▸ Work to be completed
Filter the entries below, keeping only lines with "writes".

▸ Recorded information
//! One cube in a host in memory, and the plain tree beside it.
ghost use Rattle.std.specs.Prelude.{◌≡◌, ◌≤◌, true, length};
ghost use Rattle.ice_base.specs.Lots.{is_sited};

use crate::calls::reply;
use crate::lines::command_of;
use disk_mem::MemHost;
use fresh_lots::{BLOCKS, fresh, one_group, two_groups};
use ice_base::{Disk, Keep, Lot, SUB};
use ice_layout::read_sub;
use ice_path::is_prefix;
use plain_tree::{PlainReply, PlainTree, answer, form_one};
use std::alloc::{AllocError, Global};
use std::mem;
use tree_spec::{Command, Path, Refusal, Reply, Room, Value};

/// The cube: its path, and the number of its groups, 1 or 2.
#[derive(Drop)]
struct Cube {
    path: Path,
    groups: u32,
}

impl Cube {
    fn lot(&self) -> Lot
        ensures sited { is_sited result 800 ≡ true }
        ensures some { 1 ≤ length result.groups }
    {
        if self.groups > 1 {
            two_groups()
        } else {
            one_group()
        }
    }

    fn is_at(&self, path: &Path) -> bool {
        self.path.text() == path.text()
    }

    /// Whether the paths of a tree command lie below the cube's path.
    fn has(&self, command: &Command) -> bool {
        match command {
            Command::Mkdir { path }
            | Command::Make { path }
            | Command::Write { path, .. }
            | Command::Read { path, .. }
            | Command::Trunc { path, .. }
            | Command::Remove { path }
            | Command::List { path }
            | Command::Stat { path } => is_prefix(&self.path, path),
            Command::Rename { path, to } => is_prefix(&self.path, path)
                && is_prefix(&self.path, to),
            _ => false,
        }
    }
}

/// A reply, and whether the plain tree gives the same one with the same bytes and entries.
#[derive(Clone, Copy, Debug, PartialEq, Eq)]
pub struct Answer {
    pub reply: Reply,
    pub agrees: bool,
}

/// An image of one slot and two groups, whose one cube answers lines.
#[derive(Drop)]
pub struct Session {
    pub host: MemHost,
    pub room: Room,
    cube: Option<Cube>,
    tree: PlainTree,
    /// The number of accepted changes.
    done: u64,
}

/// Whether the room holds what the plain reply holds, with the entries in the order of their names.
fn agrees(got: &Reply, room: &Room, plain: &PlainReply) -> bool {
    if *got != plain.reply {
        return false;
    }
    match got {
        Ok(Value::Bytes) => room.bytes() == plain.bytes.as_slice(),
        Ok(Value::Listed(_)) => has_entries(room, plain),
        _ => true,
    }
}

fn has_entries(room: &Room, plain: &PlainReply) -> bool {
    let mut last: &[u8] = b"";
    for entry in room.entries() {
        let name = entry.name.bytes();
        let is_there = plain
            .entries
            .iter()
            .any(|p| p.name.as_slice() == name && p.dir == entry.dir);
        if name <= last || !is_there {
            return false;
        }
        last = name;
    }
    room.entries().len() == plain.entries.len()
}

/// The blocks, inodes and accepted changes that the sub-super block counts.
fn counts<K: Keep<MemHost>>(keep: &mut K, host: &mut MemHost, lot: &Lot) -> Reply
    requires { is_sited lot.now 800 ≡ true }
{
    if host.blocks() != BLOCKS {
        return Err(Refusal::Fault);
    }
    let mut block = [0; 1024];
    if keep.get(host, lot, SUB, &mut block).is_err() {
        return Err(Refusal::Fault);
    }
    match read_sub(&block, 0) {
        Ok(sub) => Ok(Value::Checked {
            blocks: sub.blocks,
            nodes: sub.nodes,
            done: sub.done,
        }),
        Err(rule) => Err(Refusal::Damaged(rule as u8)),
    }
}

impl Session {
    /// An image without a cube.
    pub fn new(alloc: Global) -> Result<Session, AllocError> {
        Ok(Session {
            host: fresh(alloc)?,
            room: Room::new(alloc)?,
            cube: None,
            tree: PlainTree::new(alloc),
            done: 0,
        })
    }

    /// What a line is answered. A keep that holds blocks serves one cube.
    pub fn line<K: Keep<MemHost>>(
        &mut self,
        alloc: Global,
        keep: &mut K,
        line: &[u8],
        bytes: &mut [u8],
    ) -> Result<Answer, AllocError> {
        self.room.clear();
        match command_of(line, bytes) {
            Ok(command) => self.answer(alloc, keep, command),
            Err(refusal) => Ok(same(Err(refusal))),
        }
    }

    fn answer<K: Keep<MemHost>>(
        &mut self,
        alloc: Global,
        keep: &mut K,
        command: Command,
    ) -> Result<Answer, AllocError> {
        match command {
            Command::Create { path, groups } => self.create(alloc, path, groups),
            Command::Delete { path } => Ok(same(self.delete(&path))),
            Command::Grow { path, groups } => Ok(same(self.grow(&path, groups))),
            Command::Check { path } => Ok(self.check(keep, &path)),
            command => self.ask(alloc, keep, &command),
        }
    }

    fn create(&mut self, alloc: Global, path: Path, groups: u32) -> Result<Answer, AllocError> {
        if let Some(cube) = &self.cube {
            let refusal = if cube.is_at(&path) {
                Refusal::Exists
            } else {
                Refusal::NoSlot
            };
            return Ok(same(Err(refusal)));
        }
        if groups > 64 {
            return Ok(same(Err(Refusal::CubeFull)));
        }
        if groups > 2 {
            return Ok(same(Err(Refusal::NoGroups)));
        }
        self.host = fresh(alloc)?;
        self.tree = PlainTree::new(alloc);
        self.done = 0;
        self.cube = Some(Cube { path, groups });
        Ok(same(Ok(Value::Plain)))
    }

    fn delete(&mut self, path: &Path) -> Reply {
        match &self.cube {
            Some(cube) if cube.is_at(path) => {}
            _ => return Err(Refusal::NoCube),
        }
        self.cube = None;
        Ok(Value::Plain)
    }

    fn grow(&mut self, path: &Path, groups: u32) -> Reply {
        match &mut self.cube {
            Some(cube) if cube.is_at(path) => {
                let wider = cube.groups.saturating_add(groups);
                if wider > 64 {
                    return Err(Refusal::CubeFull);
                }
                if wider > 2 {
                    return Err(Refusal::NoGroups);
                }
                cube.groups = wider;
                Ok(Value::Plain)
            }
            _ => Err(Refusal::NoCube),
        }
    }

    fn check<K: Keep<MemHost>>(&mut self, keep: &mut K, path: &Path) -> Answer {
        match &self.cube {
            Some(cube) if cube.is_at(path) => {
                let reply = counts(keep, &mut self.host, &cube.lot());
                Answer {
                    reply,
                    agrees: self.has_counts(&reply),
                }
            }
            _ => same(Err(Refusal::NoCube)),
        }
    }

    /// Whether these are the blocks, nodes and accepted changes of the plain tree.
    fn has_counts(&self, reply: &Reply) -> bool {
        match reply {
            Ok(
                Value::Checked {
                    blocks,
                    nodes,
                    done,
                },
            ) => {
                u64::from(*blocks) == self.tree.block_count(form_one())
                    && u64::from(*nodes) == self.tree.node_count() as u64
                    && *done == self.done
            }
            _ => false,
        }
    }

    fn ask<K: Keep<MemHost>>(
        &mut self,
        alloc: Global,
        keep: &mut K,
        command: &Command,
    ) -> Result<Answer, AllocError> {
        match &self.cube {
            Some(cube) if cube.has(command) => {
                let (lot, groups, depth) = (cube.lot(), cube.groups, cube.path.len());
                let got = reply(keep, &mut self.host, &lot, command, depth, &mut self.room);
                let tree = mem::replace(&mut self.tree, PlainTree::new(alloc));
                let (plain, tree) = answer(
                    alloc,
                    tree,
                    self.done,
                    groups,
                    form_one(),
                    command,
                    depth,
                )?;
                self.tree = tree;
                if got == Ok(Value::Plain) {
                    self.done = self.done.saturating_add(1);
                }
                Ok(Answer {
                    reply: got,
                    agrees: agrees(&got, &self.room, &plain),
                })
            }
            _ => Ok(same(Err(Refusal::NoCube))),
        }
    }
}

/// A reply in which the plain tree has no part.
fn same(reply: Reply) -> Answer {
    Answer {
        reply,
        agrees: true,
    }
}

* * *

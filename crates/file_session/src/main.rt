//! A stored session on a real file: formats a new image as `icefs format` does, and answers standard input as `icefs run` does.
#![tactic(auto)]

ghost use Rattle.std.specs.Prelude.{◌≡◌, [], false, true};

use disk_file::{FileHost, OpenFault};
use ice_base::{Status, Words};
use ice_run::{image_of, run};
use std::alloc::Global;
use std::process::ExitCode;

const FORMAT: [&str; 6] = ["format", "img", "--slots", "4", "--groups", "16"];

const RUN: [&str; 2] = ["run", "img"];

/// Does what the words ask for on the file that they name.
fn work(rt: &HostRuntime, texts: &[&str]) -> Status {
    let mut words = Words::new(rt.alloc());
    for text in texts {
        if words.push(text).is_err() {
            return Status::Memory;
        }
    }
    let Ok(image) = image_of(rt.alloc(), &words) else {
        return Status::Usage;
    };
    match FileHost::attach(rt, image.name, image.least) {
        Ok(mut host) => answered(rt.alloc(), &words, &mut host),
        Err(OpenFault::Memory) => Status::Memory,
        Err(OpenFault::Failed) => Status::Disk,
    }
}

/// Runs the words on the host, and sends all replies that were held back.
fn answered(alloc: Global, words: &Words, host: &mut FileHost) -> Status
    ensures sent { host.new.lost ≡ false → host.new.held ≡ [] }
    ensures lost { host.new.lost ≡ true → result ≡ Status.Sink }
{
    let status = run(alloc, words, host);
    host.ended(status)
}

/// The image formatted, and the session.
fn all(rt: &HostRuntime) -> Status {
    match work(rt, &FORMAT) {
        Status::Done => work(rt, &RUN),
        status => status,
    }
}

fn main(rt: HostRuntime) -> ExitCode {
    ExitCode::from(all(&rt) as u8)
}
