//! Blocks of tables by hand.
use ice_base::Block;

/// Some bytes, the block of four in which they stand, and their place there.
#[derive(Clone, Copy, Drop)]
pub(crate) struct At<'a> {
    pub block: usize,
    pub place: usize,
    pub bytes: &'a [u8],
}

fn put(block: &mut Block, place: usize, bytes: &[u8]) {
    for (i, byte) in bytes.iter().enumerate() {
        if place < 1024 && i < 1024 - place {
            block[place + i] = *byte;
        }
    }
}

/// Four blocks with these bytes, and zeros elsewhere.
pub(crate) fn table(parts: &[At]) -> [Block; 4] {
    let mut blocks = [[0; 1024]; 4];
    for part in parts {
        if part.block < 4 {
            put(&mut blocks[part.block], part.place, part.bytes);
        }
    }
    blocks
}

* * *

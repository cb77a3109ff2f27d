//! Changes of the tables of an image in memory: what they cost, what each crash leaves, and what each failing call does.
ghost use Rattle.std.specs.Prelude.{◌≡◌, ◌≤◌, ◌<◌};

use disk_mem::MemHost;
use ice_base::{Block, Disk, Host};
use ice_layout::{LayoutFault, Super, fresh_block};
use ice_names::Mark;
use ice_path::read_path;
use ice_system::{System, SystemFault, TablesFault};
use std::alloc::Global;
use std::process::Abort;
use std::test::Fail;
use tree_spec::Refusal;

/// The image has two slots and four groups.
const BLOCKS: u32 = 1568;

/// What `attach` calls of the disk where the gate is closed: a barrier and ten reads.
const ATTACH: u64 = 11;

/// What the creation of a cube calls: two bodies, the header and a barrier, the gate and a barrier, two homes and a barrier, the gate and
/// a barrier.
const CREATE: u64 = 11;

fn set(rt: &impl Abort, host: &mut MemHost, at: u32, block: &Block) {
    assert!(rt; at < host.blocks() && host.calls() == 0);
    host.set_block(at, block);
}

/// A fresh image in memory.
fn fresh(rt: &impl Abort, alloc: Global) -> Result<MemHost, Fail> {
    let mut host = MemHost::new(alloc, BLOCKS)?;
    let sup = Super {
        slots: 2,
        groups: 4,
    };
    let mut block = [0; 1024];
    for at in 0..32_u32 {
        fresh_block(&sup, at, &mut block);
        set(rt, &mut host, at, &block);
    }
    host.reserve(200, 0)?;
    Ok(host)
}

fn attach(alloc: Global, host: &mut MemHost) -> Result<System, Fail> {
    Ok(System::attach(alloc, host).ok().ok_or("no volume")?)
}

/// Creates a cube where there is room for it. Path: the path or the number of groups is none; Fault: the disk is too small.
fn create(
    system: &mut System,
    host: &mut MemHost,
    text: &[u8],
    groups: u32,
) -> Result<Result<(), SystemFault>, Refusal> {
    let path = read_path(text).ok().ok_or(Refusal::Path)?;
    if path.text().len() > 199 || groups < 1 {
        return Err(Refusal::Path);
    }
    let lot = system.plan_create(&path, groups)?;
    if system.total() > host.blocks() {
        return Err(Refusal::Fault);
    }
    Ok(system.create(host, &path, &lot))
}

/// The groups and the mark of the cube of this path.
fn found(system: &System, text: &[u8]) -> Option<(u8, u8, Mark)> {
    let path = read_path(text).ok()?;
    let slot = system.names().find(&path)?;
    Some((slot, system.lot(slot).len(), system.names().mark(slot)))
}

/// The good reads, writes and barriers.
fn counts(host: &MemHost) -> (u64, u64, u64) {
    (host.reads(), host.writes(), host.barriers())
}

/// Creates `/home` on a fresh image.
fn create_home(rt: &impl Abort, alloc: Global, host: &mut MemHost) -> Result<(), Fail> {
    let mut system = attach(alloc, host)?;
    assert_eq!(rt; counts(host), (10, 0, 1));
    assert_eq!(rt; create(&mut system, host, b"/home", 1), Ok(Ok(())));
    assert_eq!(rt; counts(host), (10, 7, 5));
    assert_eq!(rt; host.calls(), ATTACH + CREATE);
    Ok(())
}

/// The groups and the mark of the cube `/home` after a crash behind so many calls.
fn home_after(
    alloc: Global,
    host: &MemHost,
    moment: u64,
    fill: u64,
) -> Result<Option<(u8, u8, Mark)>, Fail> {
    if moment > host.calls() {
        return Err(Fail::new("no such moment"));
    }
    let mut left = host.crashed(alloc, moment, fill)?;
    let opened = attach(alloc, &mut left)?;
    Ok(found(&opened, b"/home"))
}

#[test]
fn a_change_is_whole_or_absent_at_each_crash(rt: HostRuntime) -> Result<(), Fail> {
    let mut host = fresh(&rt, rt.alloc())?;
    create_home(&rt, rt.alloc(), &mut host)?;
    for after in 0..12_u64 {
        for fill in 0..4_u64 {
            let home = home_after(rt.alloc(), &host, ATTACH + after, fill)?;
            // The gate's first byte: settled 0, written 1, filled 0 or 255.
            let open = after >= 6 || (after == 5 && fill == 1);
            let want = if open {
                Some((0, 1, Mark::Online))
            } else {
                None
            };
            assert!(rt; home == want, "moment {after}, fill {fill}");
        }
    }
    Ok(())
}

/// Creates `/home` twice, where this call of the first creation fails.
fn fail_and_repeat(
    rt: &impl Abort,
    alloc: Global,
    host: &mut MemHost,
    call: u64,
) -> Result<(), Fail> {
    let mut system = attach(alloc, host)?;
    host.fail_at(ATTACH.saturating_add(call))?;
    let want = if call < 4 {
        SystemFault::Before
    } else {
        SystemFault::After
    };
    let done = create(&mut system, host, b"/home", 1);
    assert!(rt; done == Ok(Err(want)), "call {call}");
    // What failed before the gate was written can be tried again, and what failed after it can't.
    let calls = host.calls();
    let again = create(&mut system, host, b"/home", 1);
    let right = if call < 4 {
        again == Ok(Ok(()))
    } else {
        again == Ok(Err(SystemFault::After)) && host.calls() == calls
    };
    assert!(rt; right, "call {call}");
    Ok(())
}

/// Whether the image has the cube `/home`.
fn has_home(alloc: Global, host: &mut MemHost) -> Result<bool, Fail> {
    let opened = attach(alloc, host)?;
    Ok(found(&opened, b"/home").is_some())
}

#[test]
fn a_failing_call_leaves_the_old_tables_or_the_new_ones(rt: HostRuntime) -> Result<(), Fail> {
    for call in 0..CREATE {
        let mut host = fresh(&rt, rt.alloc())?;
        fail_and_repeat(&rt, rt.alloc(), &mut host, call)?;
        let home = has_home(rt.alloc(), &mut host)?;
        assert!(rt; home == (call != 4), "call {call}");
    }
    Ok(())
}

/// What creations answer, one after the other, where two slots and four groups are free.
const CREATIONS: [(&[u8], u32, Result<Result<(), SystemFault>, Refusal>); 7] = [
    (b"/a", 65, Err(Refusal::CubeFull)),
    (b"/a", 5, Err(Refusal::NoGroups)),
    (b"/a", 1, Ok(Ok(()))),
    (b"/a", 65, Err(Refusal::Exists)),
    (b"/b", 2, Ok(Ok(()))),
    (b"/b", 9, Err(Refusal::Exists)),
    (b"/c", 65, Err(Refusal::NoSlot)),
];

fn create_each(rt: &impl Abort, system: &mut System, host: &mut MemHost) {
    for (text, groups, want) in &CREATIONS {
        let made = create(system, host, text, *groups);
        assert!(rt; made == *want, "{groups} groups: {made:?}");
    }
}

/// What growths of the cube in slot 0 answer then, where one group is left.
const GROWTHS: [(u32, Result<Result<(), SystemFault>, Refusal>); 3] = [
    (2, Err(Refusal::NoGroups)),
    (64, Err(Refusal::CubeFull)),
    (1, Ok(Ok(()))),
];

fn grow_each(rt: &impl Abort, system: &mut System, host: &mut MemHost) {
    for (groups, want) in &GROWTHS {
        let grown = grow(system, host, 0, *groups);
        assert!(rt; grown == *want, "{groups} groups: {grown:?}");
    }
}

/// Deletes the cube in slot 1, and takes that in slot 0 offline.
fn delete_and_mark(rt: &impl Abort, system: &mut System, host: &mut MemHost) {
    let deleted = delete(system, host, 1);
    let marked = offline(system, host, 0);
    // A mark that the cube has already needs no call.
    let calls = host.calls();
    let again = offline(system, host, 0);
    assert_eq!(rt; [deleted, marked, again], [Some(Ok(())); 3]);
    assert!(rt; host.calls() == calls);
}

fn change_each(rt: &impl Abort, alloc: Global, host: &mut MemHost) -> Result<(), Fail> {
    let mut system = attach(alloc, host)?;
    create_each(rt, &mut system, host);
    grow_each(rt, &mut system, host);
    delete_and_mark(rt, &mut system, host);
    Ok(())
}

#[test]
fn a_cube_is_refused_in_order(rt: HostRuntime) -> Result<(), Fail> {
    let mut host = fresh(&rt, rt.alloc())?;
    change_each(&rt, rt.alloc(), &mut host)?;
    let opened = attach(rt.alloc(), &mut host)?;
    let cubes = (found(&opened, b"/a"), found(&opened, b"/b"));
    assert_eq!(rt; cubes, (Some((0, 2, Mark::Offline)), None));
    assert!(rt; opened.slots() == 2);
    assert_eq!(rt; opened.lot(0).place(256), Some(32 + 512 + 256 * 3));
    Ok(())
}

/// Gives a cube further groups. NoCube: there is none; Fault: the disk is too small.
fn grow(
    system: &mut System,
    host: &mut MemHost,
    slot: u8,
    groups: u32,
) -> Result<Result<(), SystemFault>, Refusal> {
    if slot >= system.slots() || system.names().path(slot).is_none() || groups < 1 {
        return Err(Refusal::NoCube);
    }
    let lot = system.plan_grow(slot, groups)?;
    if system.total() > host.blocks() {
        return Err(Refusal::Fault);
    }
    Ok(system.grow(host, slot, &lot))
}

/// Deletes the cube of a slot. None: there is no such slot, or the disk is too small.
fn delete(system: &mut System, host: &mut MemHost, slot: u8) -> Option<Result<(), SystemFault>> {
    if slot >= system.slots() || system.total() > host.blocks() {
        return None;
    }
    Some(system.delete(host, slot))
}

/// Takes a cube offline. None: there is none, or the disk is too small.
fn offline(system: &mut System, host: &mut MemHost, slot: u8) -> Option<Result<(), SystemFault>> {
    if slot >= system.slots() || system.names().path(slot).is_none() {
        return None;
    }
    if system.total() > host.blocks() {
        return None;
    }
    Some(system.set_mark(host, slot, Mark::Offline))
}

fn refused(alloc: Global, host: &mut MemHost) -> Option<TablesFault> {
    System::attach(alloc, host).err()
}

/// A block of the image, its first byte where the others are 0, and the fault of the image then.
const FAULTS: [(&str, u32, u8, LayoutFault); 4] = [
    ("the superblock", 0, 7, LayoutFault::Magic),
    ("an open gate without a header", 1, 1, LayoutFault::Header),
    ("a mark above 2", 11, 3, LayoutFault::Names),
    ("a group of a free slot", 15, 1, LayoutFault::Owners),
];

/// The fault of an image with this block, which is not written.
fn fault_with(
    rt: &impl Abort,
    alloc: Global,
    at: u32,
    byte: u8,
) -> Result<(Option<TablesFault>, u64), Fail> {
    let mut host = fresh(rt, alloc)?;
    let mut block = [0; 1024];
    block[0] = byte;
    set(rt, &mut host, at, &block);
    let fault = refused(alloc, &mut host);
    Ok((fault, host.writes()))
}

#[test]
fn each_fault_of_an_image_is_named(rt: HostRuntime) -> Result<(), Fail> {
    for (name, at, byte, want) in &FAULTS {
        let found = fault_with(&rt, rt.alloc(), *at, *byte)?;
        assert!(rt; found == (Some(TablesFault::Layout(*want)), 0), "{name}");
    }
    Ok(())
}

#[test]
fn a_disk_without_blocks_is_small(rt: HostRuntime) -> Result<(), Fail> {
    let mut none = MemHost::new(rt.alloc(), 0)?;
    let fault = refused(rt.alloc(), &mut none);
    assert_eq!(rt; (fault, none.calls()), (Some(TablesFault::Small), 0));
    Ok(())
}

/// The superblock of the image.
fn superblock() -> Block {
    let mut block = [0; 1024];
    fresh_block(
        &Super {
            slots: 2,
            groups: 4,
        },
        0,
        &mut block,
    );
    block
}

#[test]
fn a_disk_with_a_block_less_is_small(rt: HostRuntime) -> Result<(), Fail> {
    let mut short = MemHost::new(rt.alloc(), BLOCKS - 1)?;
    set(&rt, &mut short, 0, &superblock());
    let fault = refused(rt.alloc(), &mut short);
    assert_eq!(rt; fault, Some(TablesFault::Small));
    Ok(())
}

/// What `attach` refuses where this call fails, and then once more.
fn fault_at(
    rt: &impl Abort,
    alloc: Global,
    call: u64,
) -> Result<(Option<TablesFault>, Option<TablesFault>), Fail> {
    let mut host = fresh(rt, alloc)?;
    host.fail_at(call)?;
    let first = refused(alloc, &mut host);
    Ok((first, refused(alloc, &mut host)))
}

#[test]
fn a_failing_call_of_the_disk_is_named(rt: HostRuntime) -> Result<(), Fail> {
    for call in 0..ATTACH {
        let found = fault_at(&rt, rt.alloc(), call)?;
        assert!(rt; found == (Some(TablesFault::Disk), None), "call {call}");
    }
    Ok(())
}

▸ Written response
/// The good reads, writes and barriers.
    (host.reads(), host.writes(), host.barriers())
    Ok((fault, host.writes()))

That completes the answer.